As described in PJ Media, “(j)ust as in Renzi’s case, the DOJ is allegedly trying to use conversations protected by attorney-client privilege against Donald Trump. Renzi explained that Trump’s…attorney-client privilege was infringed on. Smith (claims) that the ‘former president was trying to commit a crime by asking’ a certain question, even though it was ‘normal and proper’ attorney-client privileged communication, Renzi stated…Renzi is not the only one to protest against the violation of attorney-client privilege in Trump’s case. ‘Timothy Parlatore, who until recently worked as a criminal defense attorney for former President Donald Trump,’ said Jack Smith’s team crossed a ‘red line’ while Parlatore was testifying before a grand jury…(t)he lawyer’s complaint? That questions he was asked infringed on attorney-client privilege.”
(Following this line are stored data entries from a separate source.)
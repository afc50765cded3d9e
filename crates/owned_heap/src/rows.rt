//! A heap with a vector of its blocks, for code that keeps many of them.
ghost use Rattle.std.specs.Prelude.{◌≡◌, ◌+◌, ◌-◌, ◌≤◌, ◌<◌, ◌++◌, ◌∷◌, true, false, [], not, length, min, take, drop, slice_get, slice_set, slice_range, is_ok, Err, OnOk, OnErr};
ghost use Rattle.std.specs.Fn.{FnOnceReturnsAtMut};
ghost use Rattle.space_core.specs.Words.{write_from};

use crate::block::{Event, OwnedBlock};
use crate::heap::OwnedHeap;
use layer_core::Layer;
use std::alloc::{AllocError, Global};
use std::marker::Model;
use thiserror::Error;

/// Why there is no block more in a row.
#[derive(Clone, Copy, Debug, PartialEq, Eq, Error)]
pub enum PushError {
    /// The process has no memory for one more. It needs none where room was reserved.
    #[error("no room for one more block")]
    NoRoom,
    /// 0 bytes were asked, or the layers of the heap refuse.
    #[error("the heap refuses a block")]
    Refused,
}

/// Blocks of a heap, by their numbers from 0 on. Contracts see the bytes of each as a row, in the order of the pushes.
///
/// That the blocks are live and share no byte is true of every such vector, so a loop over one needs no fact of its own.
#[derive(Drop)]
pub struct BlockVec<L: Layer> {
    heap: OwnedHeap<L>,
    blocks: Vec<OwnedBlock>,
}

impl<L: Layer> Model for BlockVec<L> {
    ghost use Rattle.std.specs.Prelude.{vec_capacity};
    ghost use Rattle.owned_heap.specs.Rows.{Rows, rows_of, AreRows};

    ghost Value = { Rows L };

    ghost view = { λ a. record { rows = rows_of a.heap a.blocks.items; blocks = a.blocks.items; capacity = vec_capacity a.blocks; heap = a.heap } };

    ghost invariant = { λ a. AreRows a.heap a.blocks.items };
}

impl<L: Layer> BlockVec<L> {
    ghost use Rattle.std.specs.Prelude.{◌==◌};
    ghost use Rattle.std.specs.List.{swap_remove, SameBelow};
    ghost use Rattle.std.specs.Bool.{OnTrue, OnFalse};
    ghost use Rattle.owned_heap.specs.Owned.{is_refused, ReallocatesIn, DeallocatesIn, DeallocatesAllIn, WritesIn};
    ghost use Rattle.owned_heap.specs.Rows.{row_of, block_at, cleared, AreGone, PushesIn};

    /// No block of this heap yet.
    pub fn new(alloc: Global, heap: OwnedHeap<L>) -> BlockVec<L>
        ensures rows { result.rows ≡ [] }
        ensures capacity { result.capacity ≡ 0 }
        ensures heap { result.heap ≡ heap }
    {
        BlockVec {
            heap,
            blocks: Vec::new(alloc),
        }
    }

    /// The heap, for what it says of itself.
    pub fn heap(&self) -> &OwnedHeap<L>
        ensures { result.now ≡ self.now.heap }
    {
        &self.heap
    }

    /// Makes room for so many blocks more, so that `push` needs none.
    ///
    /// # Errors
    /// Where the process has no memory for them. All is as before then.
    pub fn reserve(&mut self, additional: usize) -> Result<(), AllocError>
        ensures room { OnOk result (length self.old.rows + additional ≤ self.new.capacity) }
        ensures err { OnErr result (self.new.capacity ≡ self.old.capacity) }
        ensures rows { self.new.rows ≡ self.old.rows }
        ensures blocks { self.new.blocks ≡ self.old.blocks }
        ensures heap { self.new.heap ≡ self.old.heap }
    {
        self.blocks.reserve(additional)
    }

    /// How many blocks there are.
    pub fn len(&self) -> usize
        ensures { result ≡ length self.now.rows }
    {
        self.blocks.len()
    }

    /// Whether there is none.
    pub fn is_empty(&self) -> bool
        ensures { result ≡ (length self.now.rows == 0) }
    {
        self.blocks.is_empty()
    }

    /// Puts a block of `n` bytes at the end. What the bytes are isn't said.
    ///
    /// # Errors
    /// `Refused` where 0 bytes are asked or the root refuses, and `NoRoom` where the process has no memory for one more in the
    /// row, which it needs none for where room was reserved. All rows are as before then.
    pub fn push(&mut self, n: u64) -> Result<(), PushError>
        ensures served { OnOk result (is_refused L.model self.old.heap n ≡ false) }
        ensures refused { result ≡ Err PushError.Refused → is_refused L.model self.old.heap n ≡ true }
        ensures no_room { result ≡ Err PushError.NoRoom → self.old.capacity ≤ length self.old.rows }
        ensures succeeds { length self.old.rows < self.old.capacity → is_ok result ≡ not (is_refused L.model self.old.heap n) }
        ensures row { OnOk result (self.new.rows ≡ self.old.rows ++ row_of self.new.rows (length self.old.rows) ∷ []) }
        ensures size { OnOk result (length (row_of self.new.rows (length self.old.rows)) ≡ n) }
        ensures len { OnOk result (length self.new.rows ≡ length self.old.rows + 1) }
        ensures blocks { OnOk result (self.new.blocks ≡ self.old.blocks ++ block_at self.new.blocks (length self.old.rows) ∷ []) }
        ensures events { OnOk result (self.new.heap.events ≡ Event.Made (block_at self.new.blocks (length self.old.rows)) ∷ self.old.heap.events) }
        ensures same { OnErr result (self.new.rows ≡ self.old.rows) }
        ensures same_blocks { OnErr result (self.new.blocks ≡ self.old.blocks) }
        ensures same_events { OnErr result (self.new.heap.events ≡ self.old.heap.events) }
        ensures capacity { self.old.capacity ≤ self.new.capacity }
        ensures rule { PushesIn L.model self.old.heap self.new.heap n (slice_get self.new.blocks (length self.old.rows)) result }
    {
        if self.blocks.reserve(1).is_err() {
            return Err(PushError::NoRoom);
        }
        match self.heap.allocate(n) {
            Some(block) => {
                self.blocks.push_reserved(block);
                Ok(())
            }
            None => Err(PushError::Refused),
        }
    }

    /// The block itself, which tells its place.
    pub fn block(&self, index: usize) -> &OwnedBlock
        requires { index < length self.now.rows }
        ensures { result.now ≡ block_at self.now.blocks index }
    {
        &self.blocks[index]
    }

    /// The bytes of a block.
    pub fn bytes(&self, index: usize) -> &[u8]
        requires { index < length self.now.rows }
        ensures { result.now ≡ row_of self.now.rows index }
    {
        self.heap.bytes(&self.blocks[index])
    }

    /// Writes all bytes of a block.
    pub fn write(&mut self, index: usize, bytes: &[u8])
        requires inside { index < length self.old.rows }
        requires size { length bytes.now ≡ length (row_of self.old.rows index) }
        ensures rows { self.new.rows ≡ slice_set self.old.rows index bytes.now }
        ensures len { length self.new.rows ≡ length self.old.rows }
        ensures blocks { self.new.blocks ≡ self.old.blocks }
        ensures capacity { self.new.capacity ≡ self.old.capacity }
        ensures only { WritesIn self.old.heap self.new.heap (block_at self.old.blocks index).block.place bytes.now }
    {
        let block = &self.blocks[index];
        self.heap.write(block, bytes);
    }

    /// Writes bytes of a block, from one of them on.
    pub fn write_at(&mut self, index: usize, at: u64, bytes: &[u8])
        requires inside { index < length self.old.rows }
        requires room { at + length bytes.now ≤ length (row_of self.old.rows index) }
        ensures rows { self.new.rows ≡ slice_set self.old.rows index (write_from (row_of self.old.rows index) at bytes.now) }
        ensures written { slice_range (row_of self.new.rows index) at (at + length bytes.now) ≡ bytes.now }
        ensures before { take at (row_of self.new.rows index) ≡ take at (row_of self.old.rows index) }
        ensures behind { drop (at + length bytes.now) (row_of self.new.rows index) ≡ drop (at + length bytes.now) (row_of self.old.rows index) }
        ensures size { length (row_of self.new.rows index) ≡ length (row_of self.old.rows index) }
        ensures len { length self.new.rows ≡ length self.old.rows }
        ensures blocks { self.new.blocks ≡ self.old.blocks }
        ensures capacity { self.new.capacity ≡ self.old.capacity }
        ensures only { WritesIn self.old.heap self.new.heap ((block_at self.old.blocks index).block.place + at) bytes.now }
    {
        let block = &self.blocks[index];
        self.heap.write_at(block, at, bytes);
    }

    /// Lets `change` write the bytes of a block, all or some, where they stand.
    pub fn with_bytes_mut<F: FnOnce(&mut [u8])>(&mut self, index: usize, change: F)
        requires inside { index < length self.old.rows }
        requires callable { F.IsAlwaysCallable change }
        ensures rows { self.new.rows ≡ slice_set self.old.rows index (row_of self.new.rows index) }
        ensures changed { FnOnceReturnsAtMut F.FnOnce change (row_of self.old.rows index) tt (row_of self.new.rows index) }
        ensures size { length (row_of self.new.rows index) ≡ length (row_of self.old.rows index) }
        ensures len { length self.new.rows ≡ length self.old.rows }
        ensures blocks { self.new.blocks ≡ self.old.blocks }
        ensures capacity { self.new.capacity ≡ self.old.capacity }
        ensures only { WritesIn self.old.heap self.new.heap (block_at self.old.blocks index).block.place (row_of self.new.rows index) }
    {
        let block = &self.blocks[index];
        self.heap.with_bytes_mut(block, change);
    }

    /// Gives a block the length `n`, at least 1, where it stands or elsewhere. Of its bytes those are kept that both lengths
    /// have. Where it answers `false` all is as before.
    pub fn reallocate(&mut self, index: usize, n: u64) -> bool
        requires inside { index < length self.old.rows }
        requires some { 1 ≤ n }
        ensures row { OnTrue result (self.new.rows ≡ slice_set self.old.rows index (row_of self.new.rows index)) }
        ensures size { OnTrue result (length (row_of self.new.rows index) ≡ n) }
        ensures kept { OnTrue result (take (min (length (row_of self.old.rows index)) n) (row_of self.new.rows index) ≡ take n (row_of self.old.rows index)) }
        ensures by_index { OnTrue result (SameBelow (row_of self.old.rows index) (row_of self.new.rows index) (min (length (row_of self.old.rows index)) n)) }
        ensures blocks { OnTrue result (self.new.blocks ≡ slice_set self.old.blocks index (block_at self.new.blocks index)) }
        ensures events { OnTrue result (self.new.heap.events ≡ Event.Made (block_at self.new.blocks index) ∷ (Event.Gone (block_at self.old.blocks index) ∷ self.old.heap.events)) }
        ensures same { OnFalse result (self.new.rows ≡ self.old.rows) }
        ensures same_blocks { OnFalse result (self.new.blocks ≡ self.old.blocks) }
        ensures same_events { OnFalse result (self.new.heap.events ≡ self.old.heap.events) }
        ensures len { length self.new.rows ≡ length self.old.rows }
        ensures capacity { self.new.capacity ≡ self.old.capacity }
        ensures rule { ReallocatesIn L.model self.old.heap self.new.heap (block_at self.old.blocks index) (block_at self.new.blocks index) n result }
    {
        let block = &mut self.blocks[index];
        self.heap.reallocate(block, n)
    }

    /// Gives the last block back. It answers `false` where the layer that serves it can't reuse it yet.
    pub fn pop(&mut self) -> bool
        requires { 0 < length self.old.rows }
        ensures rows { self.new.rows ≡ take (length self.old.rows - 1) self.old.rows }
        ensures len { length self.new.rows + 1 ≡ length self.old.rows }
        ensures blocks { self.new.blocks ≡ take (length self.old.rows - 1) self.old.blocks }
        ensures events { self.new.heap.events ≡ Event.Gone (block_at self.old.blocks (length self.old.rows - 1)) ∷ self.old.heap.events }
        ensures capacity { self.new.capacity ≡ self.old.capacity }
        ensures rule { DeallocatesIn L.model self.old.heap self.new.heap (block_at self.old.blocks (length self.old.rows - 1)) result }
    {
        let block = self.blocks.take_last();
        self.heap.deallocate(block)
    }

    /// Gives a block back. The last one gets its number. It answers `false` where the layer that serves it can't reuse it yet.
    pub fn swap_remove(&mut self, index: usize) -> bool
        requires { index < length self.old.rows }
        ensures rows { self.new.rows ≡ swap_remove self.old.rows index [] }
        ensures len { length self.new.rows + 1 ≡ length self.old.rows }
        ensures blocks { self.new.blocks ≡ swap_remove self.old.blocks index (block_at self.old.blocks index) }
        ensures events { self.new.heap.events ≡ Event.Gone (block_at self.old.blocks index) ∷ self.old.heap.events }
        ensures capacity { self.new.capacity ≡ self.old.capacity }
        ensures rule { DeallocatesIn L.model self.old.heap self.new.heap (block_at self.old.blocks index) result }
    {
        let block = self.blocks.swap_remove(index);
        self.heap.deallocate(block)
    }

    /// Gives all blocks back: at once where the root offers that, and else the last one first.
    pub fn clear(&mut self)
        ensures rows { self.new.rows ≡ [] }
        ensures blocks { self.new.blocks ≡ [] }
        ensures gone { AreGone self.new.heap self.old.blocks }
        ensures events { self.new.heap.events ≡ cleared (L.model self.old.heap.root).rules.offers.all self.old.blocks self.old.heap.events }
        ensures capacity { self.new.capacity ≡ self.old.capacity }
        ensures rules { (L.model self.new.heap.root).rules ≡ (L.model self.old.heap.root).rules }
        ensures rule { (L.model self.old.heap.root).rules.offers.all ≡ true → DeallocatesAllIn L.model self.old.heap self.new.heap }
    {
        if self.heap.deallocate_all() {
            self.blocks.clear();
            return;
        }
        while !self.is_empty() {
            self.pop();
        }
    }
}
Parlatore stated that, in his opinion, it was ‘clear that the government was not acting appropriately and made several improper attempts to pierce privilege and, in my opinion, made several significant misstatements to the [grand] jury, which I believe constitutes prosecutorial misconduct.’ Not prosecutorial misconduct from the unimpeachable Jack Smith and team! Oh, wait — that’s exactly what they were accused of in Renzi’s case…” 

These are extremely serious allegations of misconduct against Jack Smith and his prosecution team, but the evidence of prior violations of a criminal defendant’s right to counsel exist.  Could Smith be repeating this illegal pattern in his prosecution of former President Trump?